### [Your task]
Using the data below, find how many lines include the word "they" and report that figure alone.

Segment Start: Exercise data

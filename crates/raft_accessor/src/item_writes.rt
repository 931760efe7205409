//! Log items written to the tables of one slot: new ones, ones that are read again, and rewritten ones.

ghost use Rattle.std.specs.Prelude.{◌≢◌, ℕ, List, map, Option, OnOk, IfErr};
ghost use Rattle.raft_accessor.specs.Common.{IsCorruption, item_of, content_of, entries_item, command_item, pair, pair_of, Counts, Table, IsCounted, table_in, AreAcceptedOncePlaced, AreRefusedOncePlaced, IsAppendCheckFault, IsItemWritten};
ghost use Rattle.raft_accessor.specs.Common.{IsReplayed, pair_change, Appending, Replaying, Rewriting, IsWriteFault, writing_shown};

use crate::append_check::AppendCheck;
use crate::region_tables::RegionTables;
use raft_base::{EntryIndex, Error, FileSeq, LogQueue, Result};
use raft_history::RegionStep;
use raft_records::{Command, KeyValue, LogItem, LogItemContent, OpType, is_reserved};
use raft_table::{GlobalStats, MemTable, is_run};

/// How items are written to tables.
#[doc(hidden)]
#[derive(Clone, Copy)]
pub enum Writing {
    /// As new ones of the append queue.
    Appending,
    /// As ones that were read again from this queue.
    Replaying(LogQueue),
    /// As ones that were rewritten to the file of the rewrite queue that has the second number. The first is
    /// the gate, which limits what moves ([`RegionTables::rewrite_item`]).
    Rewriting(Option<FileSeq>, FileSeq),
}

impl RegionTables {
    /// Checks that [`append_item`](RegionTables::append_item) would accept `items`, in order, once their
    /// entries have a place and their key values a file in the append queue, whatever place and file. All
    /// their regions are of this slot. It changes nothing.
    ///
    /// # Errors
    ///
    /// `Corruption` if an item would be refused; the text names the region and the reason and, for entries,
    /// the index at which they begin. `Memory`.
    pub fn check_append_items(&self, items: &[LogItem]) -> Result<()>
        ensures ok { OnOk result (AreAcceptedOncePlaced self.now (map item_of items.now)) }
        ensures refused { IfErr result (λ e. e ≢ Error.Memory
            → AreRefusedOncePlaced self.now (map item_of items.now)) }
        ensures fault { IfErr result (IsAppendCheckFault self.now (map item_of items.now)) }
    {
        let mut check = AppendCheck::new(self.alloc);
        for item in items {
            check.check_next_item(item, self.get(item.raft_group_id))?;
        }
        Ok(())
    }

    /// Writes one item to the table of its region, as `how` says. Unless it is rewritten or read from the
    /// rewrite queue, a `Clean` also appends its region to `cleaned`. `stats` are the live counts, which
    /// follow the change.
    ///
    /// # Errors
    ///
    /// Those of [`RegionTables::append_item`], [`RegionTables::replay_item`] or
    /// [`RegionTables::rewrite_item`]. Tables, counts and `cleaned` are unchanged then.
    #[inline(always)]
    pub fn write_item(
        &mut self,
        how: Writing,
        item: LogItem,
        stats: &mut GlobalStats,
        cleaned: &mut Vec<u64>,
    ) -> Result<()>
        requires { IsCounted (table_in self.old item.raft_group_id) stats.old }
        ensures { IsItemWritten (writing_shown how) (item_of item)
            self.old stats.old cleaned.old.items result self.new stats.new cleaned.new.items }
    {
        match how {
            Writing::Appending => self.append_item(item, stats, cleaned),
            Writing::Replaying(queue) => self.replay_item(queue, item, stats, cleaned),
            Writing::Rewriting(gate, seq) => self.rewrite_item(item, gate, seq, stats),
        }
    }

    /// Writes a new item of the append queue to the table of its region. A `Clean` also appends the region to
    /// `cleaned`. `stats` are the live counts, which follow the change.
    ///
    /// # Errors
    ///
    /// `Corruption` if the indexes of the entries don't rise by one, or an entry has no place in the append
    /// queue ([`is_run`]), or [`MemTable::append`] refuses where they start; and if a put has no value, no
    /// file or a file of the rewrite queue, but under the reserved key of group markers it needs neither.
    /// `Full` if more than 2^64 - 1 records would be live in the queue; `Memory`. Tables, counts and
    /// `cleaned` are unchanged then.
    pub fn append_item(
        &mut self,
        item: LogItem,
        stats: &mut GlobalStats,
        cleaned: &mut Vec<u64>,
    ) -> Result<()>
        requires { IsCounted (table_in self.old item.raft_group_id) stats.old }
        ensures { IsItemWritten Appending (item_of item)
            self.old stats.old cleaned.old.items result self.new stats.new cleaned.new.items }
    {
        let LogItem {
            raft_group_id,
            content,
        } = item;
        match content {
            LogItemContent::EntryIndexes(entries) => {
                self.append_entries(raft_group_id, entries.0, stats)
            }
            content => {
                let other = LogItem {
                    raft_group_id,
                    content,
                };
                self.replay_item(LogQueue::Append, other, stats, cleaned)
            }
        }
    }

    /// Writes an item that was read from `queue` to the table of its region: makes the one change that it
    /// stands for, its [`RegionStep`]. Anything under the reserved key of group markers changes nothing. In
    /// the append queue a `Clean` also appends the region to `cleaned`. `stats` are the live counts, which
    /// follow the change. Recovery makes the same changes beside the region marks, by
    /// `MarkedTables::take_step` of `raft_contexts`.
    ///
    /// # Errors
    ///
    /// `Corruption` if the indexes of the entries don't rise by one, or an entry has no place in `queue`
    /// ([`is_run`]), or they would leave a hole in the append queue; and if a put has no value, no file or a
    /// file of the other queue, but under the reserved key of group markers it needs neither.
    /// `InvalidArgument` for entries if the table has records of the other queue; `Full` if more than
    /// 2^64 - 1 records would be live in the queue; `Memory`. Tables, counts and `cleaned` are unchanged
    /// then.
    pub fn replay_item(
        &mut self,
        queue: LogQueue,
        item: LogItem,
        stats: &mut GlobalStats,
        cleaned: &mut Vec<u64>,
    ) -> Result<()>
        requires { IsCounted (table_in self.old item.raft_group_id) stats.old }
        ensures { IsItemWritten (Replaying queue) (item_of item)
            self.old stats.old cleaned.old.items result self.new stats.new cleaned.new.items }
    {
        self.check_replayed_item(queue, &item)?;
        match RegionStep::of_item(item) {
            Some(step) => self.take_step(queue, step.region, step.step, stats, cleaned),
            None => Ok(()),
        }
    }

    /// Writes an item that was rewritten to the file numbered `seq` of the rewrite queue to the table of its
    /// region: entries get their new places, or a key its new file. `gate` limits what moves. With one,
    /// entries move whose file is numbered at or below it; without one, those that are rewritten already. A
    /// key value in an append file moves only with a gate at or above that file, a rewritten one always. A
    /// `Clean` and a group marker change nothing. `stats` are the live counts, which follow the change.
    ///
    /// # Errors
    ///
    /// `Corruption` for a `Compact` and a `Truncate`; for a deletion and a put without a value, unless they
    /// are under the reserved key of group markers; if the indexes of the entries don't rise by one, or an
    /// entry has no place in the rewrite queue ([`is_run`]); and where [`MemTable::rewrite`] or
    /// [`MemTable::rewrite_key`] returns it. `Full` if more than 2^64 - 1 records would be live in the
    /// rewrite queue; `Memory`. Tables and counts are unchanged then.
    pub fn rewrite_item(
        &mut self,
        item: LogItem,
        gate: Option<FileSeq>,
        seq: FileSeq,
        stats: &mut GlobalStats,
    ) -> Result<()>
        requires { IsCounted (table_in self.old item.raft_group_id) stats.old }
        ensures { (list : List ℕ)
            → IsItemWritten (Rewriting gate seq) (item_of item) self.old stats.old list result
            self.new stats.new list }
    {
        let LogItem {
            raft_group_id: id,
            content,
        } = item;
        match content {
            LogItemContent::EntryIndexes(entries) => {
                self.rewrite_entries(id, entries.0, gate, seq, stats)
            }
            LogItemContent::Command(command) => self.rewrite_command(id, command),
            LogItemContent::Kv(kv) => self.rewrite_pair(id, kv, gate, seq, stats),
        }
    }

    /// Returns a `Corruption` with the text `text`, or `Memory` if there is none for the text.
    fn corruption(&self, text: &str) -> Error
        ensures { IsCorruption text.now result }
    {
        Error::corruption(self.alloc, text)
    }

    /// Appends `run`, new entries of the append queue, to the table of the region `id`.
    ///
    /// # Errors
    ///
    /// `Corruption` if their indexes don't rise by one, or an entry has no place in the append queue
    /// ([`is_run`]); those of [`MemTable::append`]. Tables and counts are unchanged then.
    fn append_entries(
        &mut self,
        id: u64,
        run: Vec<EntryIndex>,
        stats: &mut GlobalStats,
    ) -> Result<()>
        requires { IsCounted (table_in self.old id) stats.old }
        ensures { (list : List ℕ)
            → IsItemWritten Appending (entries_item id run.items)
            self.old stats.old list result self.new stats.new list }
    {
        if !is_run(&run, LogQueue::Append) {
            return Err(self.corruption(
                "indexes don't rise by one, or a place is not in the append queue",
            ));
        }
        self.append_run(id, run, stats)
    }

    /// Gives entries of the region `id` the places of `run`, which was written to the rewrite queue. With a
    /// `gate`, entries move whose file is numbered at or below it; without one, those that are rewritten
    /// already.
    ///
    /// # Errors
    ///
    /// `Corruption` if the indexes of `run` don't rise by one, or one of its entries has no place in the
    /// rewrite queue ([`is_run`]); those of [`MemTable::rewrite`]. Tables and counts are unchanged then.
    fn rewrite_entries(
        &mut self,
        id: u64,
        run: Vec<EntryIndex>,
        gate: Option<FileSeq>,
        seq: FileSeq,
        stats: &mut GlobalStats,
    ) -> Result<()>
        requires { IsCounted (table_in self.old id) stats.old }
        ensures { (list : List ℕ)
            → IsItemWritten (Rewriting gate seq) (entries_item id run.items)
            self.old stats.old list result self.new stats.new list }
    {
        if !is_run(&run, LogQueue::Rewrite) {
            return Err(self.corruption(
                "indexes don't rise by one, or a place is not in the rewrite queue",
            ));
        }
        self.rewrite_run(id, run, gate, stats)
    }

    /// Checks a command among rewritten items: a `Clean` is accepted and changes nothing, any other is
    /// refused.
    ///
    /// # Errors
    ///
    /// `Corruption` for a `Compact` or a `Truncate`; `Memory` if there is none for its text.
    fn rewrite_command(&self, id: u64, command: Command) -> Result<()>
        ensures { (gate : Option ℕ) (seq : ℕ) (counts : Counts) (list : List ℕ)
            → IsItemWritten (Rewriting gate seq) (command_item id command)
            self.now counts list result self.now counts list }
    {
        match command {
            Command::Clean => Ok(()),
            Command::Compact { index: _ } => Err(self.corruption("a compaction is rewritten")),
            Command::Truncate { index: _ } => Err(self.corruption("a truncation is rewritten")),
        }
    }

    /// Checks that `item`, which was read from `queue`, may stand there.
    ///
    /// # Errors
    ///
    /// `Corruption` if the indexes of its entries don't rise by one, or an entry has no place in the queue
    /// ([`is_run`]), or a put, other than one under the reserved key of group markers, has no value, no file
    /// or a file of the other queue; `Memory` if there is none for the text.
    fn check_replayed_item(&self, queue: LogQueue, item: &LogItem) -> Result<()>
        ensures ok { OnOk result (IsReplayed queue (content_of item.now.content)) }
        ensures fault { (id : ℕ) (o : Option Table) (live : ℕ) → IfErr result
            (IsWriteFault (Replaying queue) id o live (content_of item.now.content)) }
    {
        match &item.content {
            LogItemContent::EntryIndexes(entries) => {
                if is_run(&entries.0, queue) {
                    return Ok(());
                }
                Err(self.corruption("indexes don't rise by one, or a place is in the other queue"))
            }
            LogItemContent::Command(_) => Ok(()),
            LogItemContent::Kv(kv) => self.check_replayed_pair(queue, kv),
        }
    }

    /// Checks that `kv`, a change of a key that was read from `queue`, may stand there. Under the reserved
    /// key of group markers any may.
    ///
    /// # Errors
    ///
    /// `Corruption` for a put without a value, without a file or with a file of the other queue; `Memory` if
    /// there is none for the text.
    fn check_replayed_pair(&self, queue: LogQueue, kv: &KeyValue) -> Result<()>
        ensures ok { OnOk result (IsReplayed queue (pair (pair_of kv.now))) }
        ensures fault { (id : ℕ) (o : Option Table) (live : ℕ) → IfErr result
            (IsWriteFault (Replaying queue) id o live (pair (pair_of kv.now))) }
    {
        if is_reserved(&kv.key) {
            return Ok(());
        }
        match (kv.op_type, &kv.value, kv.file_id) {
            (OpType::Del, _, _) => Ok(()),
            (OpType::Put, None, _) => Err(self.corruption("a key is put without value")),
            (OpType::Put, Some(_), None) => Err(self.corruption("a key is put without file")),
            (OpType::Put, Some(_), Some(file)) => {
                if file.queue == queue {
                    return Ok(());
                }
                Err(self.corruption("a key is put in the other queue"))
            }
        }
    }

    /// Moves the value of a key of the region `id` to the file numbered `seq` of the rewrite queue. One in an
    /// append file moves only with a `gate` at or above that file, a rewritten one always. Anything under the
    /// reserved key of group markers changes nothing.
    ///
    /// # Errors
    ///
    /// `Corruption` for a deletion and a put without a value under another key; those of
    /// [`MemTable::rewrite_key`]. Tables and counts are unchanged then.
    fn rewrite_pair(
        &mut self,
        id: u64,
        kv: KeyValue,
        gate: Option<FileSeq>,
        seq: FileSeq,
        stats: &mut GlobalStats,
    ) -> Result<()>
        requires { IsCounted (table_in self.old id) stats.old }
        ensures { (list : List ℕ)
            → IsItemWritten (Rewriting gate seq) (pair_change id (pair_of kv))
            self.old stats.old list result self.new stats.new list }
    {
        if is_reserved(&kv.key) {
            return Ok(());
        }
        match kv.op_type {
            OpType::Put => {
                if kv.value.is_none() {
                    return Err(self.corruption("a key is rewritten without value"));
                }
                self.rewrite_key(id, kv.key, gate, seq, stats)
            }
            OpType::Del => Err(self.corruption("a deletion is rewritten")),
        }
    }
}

Segment End: Exercise data

### [Response to this exercise]
4